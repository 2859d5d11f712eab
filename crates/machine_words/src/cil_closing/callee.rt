//! Methods with their closed uses.

ghost use Rattle.std.specs.Prelude.{◌≡◌, IfOk};
ghost use Rattle.std.specs.Option.{option_map};
ghost use Rattle.rules.specs.step_rules.Closing.{callee_of, closed_signature};
ghost use Rattle.machine_words.specs.cil_closing.Callees.{callee_by, signature_by};

use crate::cil_closing::closed_types::{closed_return, closed_slots};
use crate::cil_closing::plain::args_of;
use crate::cil_closing::settled::is_settled;
use crate::cil_queries::Answers;
use il_base::NoMemory;
use il_base::cil_values::{Method, Signature};
use il_base::world_model::{Known, MethodUse};
use std::alloc::Global;

/// A signature with the arguments of the type and of the method put in.
#[derive(Drop)]
pub enum ClosedSignature<'a> {
    /// The method's own, whose types are as they are in every use.
    Own(&'a Signature),
    Made(Signature),
}

impl ClosedSignature<'_> {
    pub fn get(&self) -> &Signature
        ensures { result.now ≡ signature_by self.now }
    {
        match self {
            ClosedSignature::Own(sig) => *sig,
            ClosedSignature::Made(sig) => sig,
        }
    }
}

/// A method that is called.
#[derive(Drop)]
pub struct Callee<'a> {
    /// The closed use.
    pub called: MethodUse,
    pub method: &'a Method,
    /// Its signature with the arguments of the type and of the method put in.
    pub signature: ClosedSignature<'a>,
}

/// The method of a closed use. None where no type's run holds it, its signature has no meaning, or the use has another number
/// of arguments than the method has parameters.
#[tactic(auto, unfolding(rules::specs::step_rules::Closing::callee_of))]
pub fn callee_of<'a, Q: Answers>(
    alloc: Global,
    q: &'a Q,
    called: MethodUse,
) -> Result<Option<Callee<'a>>, NoMemory>
    ensures { IfOk result (λ found. option_map callee_by found ≡ callee_of (Q.queries q.now) called) }
{
    let Some(method) = q.method(called.method.0) else {
        return Ok(None);
    };
    let Known::Good(sig) = &method.signature else {
        return Ok(None);
    };
    if called.args.len() != sig.own as usize {
        return Ok(None);
    }
    if is_settled(q, sig) {
        return Ok(Some(Callee {
            called,
            method,
            signature: ClosedSignature::Own(sig),
        }));
    }
    let Some(signature) = closed_signature(alloc, q, &called, sig)? else {
        return Ok(None);
    };
    Ok(Some(Callee {
        called,
        method,
        signature: ClosedSignature::Made(signature),
    }))
}

/// The signature of a closed use. None where one of its types has no meaning.
#[tactic(auto, unfolding(rules::specs::step_rules::Closing::closed_signature))]
fn closed_signature<Q: Answers>(
    alloc: Global,
    q: &Q,
    called: &MethodUse,
    sig: &Signature,
) -> Result<Option<Signature>, NoMemory>
    ensures { IfOk result (λ closed. closed ≡ closed_signature (Q.queries q.now) called.now sig.now) }
{
    let targs = args_of(&called.owner);
    let margs = called.args.as_slice();
    let Some(params) = closed_slots(alloc, q, targs, margs, sig.params.as_slice())? else {
        return Ok(None);
    };
    let Some(ret) = closed_return(alloc, q, targs, margs, &sig.ret)? else {
        return Ok(None);
    };
    Ok(Some(Signature {
        this: sig.this,
        own: sig.own,
        params,
        ret,
    }))
}
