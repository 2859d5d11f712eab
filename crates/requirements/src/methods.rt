//! All sites of a method.

ghost use Rattle.std.specs.Prelude.{◌≡◌, IfOk};
ghost use Rattle.std.specs.Option.{option_map};
ghost use Rattle.il_base.specs.world_model.Worlds.{type_id};
ghost use Rattle.rules.specs.declared.link_rules.row_at.RowAt.{RowAt};
ghost use Rattle.rules.specs.type_rules.Slots.{type_of_method};
ghost use Rattle.mark_parts.specs.mark_tables.Assemblies.{all_of};
ghost use Rattle.site_kinds.specs.Known.{IsAnnotated};
ghost use Rattle.rules.specs.site_rules.Bodies.{head_sites, sites_of_body};
ghost use Rattle.requirements.specs.Bodies.{flowed, IsBody};
ghost use Rattle.requirements.specs.Ties.{AreSites, IsItsFlow, plain_sites};

use crate::body::Body;
use crate::generic_sites::named::put_parts;
use crate::item_sites::heads::add_head;
use crate::uses::put_code;
use il_base::{MethodId, NoMemory, Seq, TypeId};
use mark_parts::mark_facts::parts::Parts;
use mark_parts::mark_facts::rows::type_at;
use rules::link_rules::RowAt;
use rules::site_rules::Site;
use site_kinds::known::Annotated;
use std::alloc::Global;
use type_tables::methods::{method_home, type_of_method};
use value_flow::Flow;
use value_flow::body_graph::methods::method_of;

/// The type that a method is in.
fn owner_at(annotated: &Annotated<'_>, at: RowAt) -> Result<Option<TypeId>, NoMemory>
    requires { IsAnnotated annotated.now }
    ensures { IfOk result (λ t. t ≡ option_map (λ (of : RowAt). type_id (all_of annotated.now.marker.now) of.asm of.row) (type_of_method (all_of annotated.now.marker.now) at)) }
{
    let marker = annotated.marker;
    match type_of_method(&marker.tables, at) {
        Err(error) => Err(error),
        Ok(None) => Ok(None),
        Ok(Some(of)) => match type_at(marker.tables.world.recs.as_slice(), of) {
            Err(error) => Err(error),
            Ok(t) => Ok(Some(t)),
        },
    }
}

/// The sites of a method's signature and locals.
fn head_sites(
    alloc: Global,
    annotated: &Annotated<'_>,
    owner: Option<TypeId>,
    at: RowAt,
) -> Result<Seq<Site>, NoMemory>
    requires { IsAnnotated annotated.now }
    ensures { IfOk result (λ sites. sites ≡ head_sites (all_of annotated.now.marker.now) owner at) }
{
    let mut parts = Parts::new(alloc);
    add_head(alloc, annotated.marker, at, &mut parts)?;
    let mut sites = Seq::new(alloc);
    put_parts(alloc, annotated, at.asm, owner, &parts, &mut sites)?;
    Ok(sites)
}

/// The sites of a method without a body, or whose body has no flow: those of its signature and locals.
#[tactic(auto, using(crate::proofs::Lists::none_more))]
pub fn plain_sites(
    alloc: Global,
    annotated: &Annotated<'_>,
    m: MethodId,
) -> Result<Seq<Site>, NoMemory>
    requires { IsAnnotated annotated.now }
    ensures { IfOk result (λ sites. sites ≡ plain_sites (all_of annotated.now.marker.now) m) }
{
    let marker = annotated.marker;
    let at = match method_home(marker.tables.world.recs.as_slice(), m) {
        Err(error) => return Err(error),
        Ok(None) => return Ok(Seq::new(alloc)),
        Ok(Some(at)) => at,
    };
    let owner = owner_at(annotated, at)?;
    let sites = head_sites(alloc, annotated, owner, at)?;
    Ok(sites)
}

/// The sites of a method whose flow is known: of its signature, its locals, and its code.
#[tactic(auto, unfolding(rules::specs::site_rules::Bodies::sites_of_body, rules::specs::site_rules::Bodies::code_sites))]
fn sites_of_body(alloc: Global, body: &Body<'_, '_, '_, '_>) -> Result<Seq<Site>, NoMemory>
    requires { IsBody body.now }
    ensures { IfOk result (λ sites. sites ≡ sites_of_body (flowed body.now)) }
{
    let method = body.method;
    let mut sites = head_sites(alloc, body.annotated, body.owner, body.at)?;
    put_code(alloc, body, method.body.code.as_slice(), &mut sites)?;
    Ok(sites)
}

/// The sites of a method of a world that a link gave, whose body, signature and locals have a reading: where its code asks for members
/// of a type, or for a type by its name. The flow is the method's. A method whose body has no flow has none of these.
pub fn sites(
    alloc: Global,
    annotated: &Annotated<'_>,
    flow: &Flow<'_>,
    m: MethodId,
) -> Result<Seq<Site>, NoMemory>
    requires annotated { IsAnnotated annotated.now }
    requires flow { IsItsFlow (all_of annotated.now.marker.now) m flow.now }
    ensures { IfOk result (AreSites (all_of annotated.now.marker.now) m flow.now.graph.now.depths) }
{
    let marker = annotated.marker;
    let world = marker.tables.world;
    let method = match method_of(world, m) {
        Err(error) => return Err(error),
        Ok(None) => return Err(NoMemory),
        Ok(Some(method)) => method,
    };
    let at = match method_home(world.recs.as_slice(), m) {
        Err(error) => return Err(error),
        Ok(None) => return Err(NoMemory),
        Ok(Some(at)) => at,
    };
    let owner = owner_at(annotated, at)?;
    let body = Body {
        annotated,
        method: &method,
        flow,
        id: m,
        at,
        owner,
    };
    let sites = sites_of_body(alloc, &body)?;
    Ok(sites)
}
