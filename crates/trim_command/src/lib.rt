//! `trim` over the outside: in go the names of files and of descriptors, the names under which to write, a folder and two sinks;
//! out comes the status of the trim of what stands under the names, which is written with its status line (`specs/Answer`).
#![tactic(auto)]

mod reading;
mod reporting;
mod trimming;
mod writing;

pub use trimming::trim_files;
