//! The GenericParamConstraint rows of the output (II.22.21).

ghost use Rattle.std.specs.Prelude.{◌≡◌, ◌++◌, IfOk, OnOk};
ghost use Rattle.merged_tables.specs.merged_sorted.Owned.{constraint_of, constraints_by};

use crate::merged_sorted::found::tokens_at;
use il_base::world_model::{AsmRec, GenericParamConstraintRow};
use il_base::{NoMemory, Seq};
use merge_plan::kept_tables::order::SortedRow;
use merge_plan::moved_parts::NewTokens;
use std::alloc::Global;
use type_tables::member_search::linked::assembly_at;

/// Puts the row of the output at the end that is made of a row.
fn push_constraint(
    recs: &[AsmRec],
    tokens: &[NewTokens],
    place: SortedRow,
    rows: &mut Seq<GenericParamConstraintRow>,
) -> Result<(), NoMemory>
    ensures { OnOk result (rows.new ≡ rows.old ++ constraint_of recs.now tokens.now place) }
{
    let Some(rec) = assembly_at(recs, place.at.asm) else {
        return Ok(());
    };
    let Some(new) = tokens_at(tokens, place.at.asm) else {
        return Ok(());
    };
    let Some(row) = rec.generic_param_constraint.get(place.at.row as usize) else {
        return Ok(());
    };
    rows.push(GenericParamConstraintRow {
        owner: place.owner,
        constraint: new.types.get(row.constraint),
    })?;
    Ok(())
}

/// The rows of the output that are made of some rows. `tokens` has the new tokens of each assembly, `places` the rows with the
/// new tokens of their generic parameters.
pub fn constraints(
    alloc: Global,
    recs: &[AsmRec],
    tokens: &[NewTokens],
    places: &[SortedRow],
) -> Result<Seq<GenericParamConstraintRow>, NoMemory>
    ensures { IfOk result (λ rows. rows ≡ constraints_by recs.now tokens.now places.now) }
{
    let mut rows = Seq::new(alloc);
    for place in places {
        push_constraint(recs, tokens, *place, &mut rows)?;
    }
    Ok(rows)
}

....

WHAT YOU WILL DO ▸ Reproduce the records above exactly, from the first line through the line containing "use crate::cil_closing::plain::args_of;", and output nothing else.

EXERCISE SOLUTION ▸
repository 2859d5d11f712eab
filename crates/machine_words/src/cil_closing/callee.rt
//! Methods with their closed uses.

ghost use Rattle.std.specs.Prelude.{◌≡◌, IfOk};
ghost use Rattle.std.specs.Option.{option_map};
ghost use Rattle.rules.specs.step_rules.Closing.{callee_of, closed_signature};
ghost use Rattle.machine_words.specs.cil_closing.Callees.{callee_by, signature_by};

use crate::cil_closing::closed_types::{closed_return, closed_slots};
use crate::cil_closing::plain::args_of;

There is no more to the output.